(Task item): If a line of the data below holds the string "terms", copy it.
[Material supplied]
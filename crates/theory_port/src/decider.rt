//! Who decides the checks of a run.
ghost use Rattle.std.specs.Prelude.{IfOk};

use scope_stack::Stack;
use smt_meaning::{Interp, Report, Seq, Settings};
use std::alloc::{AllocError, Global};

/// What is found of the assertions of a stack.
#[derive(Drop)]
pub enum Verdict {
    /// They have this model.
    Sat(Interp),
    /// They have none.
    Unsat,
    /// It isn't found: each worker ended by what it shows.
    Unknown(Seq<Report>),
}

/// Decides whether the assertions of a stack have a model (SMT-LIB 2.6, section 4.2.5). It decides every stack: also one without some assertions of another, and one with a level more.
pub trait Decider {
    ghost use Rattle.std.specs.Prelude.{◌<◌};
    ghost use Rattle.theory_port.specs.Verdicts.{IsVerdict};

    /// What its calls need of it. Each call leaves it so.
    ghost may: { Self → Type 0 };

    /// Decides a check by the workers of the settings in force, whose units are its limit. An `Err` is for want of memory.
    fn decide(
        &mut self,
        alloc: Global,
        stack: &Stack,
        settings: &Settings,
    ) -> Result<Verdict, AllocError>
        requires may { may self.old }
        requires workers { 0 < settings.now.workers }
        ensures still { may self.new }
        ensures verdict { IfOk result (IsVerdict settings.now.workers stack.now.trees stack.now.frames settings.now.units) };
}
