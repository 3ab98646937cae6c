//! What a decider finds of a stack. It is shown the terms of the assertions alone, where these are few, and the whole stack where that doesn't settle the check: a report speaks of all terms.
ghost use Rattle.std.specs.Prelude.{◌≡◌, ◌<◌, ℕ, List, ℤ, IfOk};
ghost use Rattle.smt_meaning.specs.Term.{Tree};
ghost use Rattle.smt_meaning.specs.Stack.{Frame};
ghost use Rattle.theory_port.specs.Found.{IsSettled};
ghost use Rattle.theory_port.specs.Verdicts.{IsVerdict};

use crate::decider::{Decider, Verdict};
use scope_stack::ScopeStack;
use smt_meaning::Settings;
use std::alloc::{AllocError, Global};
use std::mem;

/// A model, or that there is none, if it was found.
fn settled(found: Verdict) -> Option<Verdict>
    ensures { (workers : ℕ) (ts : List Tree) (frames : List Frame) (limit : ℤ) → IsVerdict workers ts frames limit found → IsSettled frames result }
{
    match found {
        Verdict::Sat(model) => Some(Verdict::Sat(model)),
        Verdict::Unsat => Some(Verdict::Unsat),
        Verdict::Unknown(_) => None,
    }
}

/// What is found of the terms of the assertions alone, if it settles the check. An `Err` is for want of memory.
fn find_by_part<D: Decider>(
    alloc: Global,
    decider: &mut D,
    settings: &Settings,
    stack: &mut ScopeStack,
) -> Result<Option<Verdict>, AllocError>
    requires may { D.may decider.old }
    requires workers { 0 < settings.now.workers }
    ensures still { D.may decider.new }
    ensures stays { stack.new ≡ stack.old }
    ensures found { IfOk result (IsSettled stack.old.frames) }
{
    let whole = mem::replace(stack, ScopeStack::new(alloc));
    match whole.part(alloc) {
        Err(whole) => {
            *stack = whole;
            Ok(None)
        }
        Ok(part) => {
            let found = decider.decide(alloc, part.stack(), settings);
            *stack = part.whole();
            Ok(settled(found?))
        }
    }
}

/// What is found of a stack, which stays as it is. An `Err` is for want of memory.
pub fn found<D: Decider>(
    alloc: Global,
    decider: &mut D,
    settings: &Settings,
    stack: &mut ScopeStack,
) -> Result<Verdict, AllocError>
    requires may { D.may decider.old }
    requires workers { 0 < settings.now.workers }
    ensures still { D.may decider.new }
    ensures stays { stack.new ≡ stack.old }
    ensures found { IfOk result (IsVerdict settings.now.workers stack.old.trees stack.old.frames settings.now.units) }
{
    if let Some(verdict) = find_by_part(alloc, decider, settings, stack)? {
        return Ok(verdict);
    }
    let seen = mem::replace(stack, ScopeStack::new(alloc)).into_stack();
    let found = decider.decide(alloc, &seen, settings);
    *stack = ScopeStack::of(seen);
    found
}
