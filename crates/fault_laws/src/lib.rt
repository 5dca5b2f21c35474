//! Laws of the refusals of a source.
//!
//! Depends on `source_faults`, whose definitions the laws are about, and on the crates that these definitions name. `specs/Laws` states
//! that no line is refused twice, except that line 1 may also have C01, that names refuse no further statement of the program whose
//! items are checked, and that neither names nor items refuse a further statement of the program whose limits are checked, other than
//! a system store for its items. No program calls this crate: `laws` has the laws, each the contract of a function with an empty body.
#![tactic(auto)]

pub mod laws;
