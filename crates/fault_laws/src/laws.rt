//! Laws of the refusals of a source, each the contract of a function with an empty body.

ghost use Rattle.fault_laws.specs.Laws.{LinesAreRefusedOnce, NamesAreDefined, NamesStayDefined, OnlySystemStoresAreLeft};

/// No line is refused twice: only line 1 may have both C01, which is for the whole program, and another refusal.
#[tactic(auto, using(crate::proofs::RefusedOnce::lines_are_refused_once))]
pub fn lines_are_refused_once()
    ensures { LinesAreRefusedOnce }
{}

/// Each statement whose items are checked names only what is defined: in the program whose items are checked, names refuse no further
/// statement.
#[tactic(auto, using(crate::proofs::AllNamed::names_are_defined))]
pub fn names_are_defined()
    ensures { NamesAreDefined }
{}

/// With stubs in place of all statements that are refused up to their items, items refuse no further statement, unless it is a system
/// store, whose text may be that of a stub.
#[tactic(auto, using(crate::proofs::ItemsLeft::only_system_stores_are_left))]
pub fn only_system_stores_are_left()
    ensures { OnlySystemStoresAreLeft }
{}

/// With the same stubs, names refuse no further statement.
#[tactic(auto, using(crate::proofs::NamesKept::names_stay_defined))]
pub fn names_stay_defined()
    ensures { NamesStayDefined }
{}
[/Material supplied]
(Written solution):
//! What a decider finds of a stack. It is shown the terms of the assertions alone, where these are few, and the whole stack where that doesn't settle the check: a report speaks of all terms.
/// What is found of the terms of the assertions alone, if it settles the check. An `Err` is for want of memory.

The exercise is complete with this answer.